## GIVEN RECORDS
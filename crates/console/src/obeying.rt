//! What is done for a line.

use crate::console::{Console, Waits};
use crate::help;
use prompt::{Line, LineError, LineFault, Plain, read_line};
use std::alloc::AllocError;
use std::str;

impl Console {
    /// Does what a line asks for, or says why not.
    pub(crate) fn obey(&mut self, line: &[u8]) -> Result<(), AllocError> {
        self.was_refused = false;
        match read_line(line) {
            Ok(asked) => self.carry_out(&asked),
            Err(error) => self.refuse_line(line, error),
        }
    }

    fn carry_out(&mut self, line: &Line<'_>) -> Result<(), AllocError> {
        match line {
            Line::Again => self.repeat(),
            Line::Comment => Ok(()),
            Line::Plain(plain) => self.plain(*plain),
            Line::Move(motion, times) => self.start(*motion, *times),
            Line::Change(direction, text) => self.look_for(*direction, text.as_str()),
            Line::Break(stop) => self.set_breakpoint(stop),
            Line::Log(place, text) => self.set_logpoint(place, text),
            Line::Delete(number) => self.delete(*number),
            other => self.show(other),
        }
    }

    // What shows something, or sets a value.
    fn show(&mut self, line: &Line<'_>) -> Result<(), AllocError> {
        match line {
            Line::Help(word) => self.help(word.as_ref().map(|word| word.as_str())),
            Line::Print(text) => self.print_value(text.as_str()),
            Line::Display(text) => self.add_display(text.as_str()),
            Line::Undisplay(number) => self.delete_display(*number),
            Line::Set(target, text) => self.set(target.as_str(), text.as_str()),
            Line::Registers(names) => {
                self.show_registers(names.as_ref().map(|names| names.as_str()))
            }
            Line::Examine(unit, text, count) => self.examine(*unit, text.as_str(), *count),
            Line::Disassemble(place, count) => self.disassemble(place.as_ref(), *count),
            Line::List(place) => self.list(place.as_ref()),
            _ => Ok(()),
        }
    }

    fn plain(&mut self, plain: Plain) -> Result<(), AllocError> {
        match plain {
            Plain::Quit => {
                self.waits = Waits::Nothing;
                Ok(())
            }
            Plain::Run => {
                self.waits = Waits::File;
                Ok(())
            }
            Plain::Breakpoints => self.show_breakpoints(),
            Plain::Stack => self.show_stack(),
            Plain::Backtrace => self.show_calls(),
            Plain::Labels => self.show_labels(),
            Plain::Where => self.show_here(),
        }
    }

    // The last motion once more.
    fn repeat(&mut self) -> Result<(), AllocError> {
        match self.motion {
            Some((motion, times)) => self.start(motion, times),
            None => Ok(()),
        }
    }

    fn refuse_line(&mut self, line: &[u8], error: LineError) -> Result<(), AllocError> {
        let alloc = self.alloc;
        let words = format!(in alloc; "{error}")?;
        self.refuse(words.as_str())?;
        match error.fault {
            LineFault::UnknownWord => self.suggest(line),
            _ => Ok(()),
        }
    }

    // Says which word is nearest to the one that a line begins with.
    fn suggest(&mut self, line: &[u8]) -> Result<(), AllocError> {
        let Ok(text) = str::from_utf8(line) else {
            return Ok(());
        };
        let Some(word) = text.split_ascii_whitespace().next() else {
            return Ok(());
        };
        let alloc = self.alloc;
        match help::nearest(alloc, word)? {
            Some(near) => {
                let words = format!(in alloc; "did you mean {near}? help lists the commands\n")?;
                self.say(words.as_str())
            }
            None => self.say("help lists the commands\n"),
        }
    }

    fn help(&mut self, word: Option<&str>) -> Result<(), AllocError> {
        match word {
            None => self.say(help::ALL),
            Some(word) => match help::of(word) {
                Some(text) => self.say(text),
                None => self.refuse("no such command: help lists them"),
            },
        }
    }
}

## TASK STATEMENT
From the records above, return each line that includes "LineError".

## RESULT OF THE EXERCISE
use prompt::{Line, LineError, LineFault, Plain, read_line};
    fn refuse_line(&mut self, line: &[u8], error: LineError) -> Result<(), AllocError> {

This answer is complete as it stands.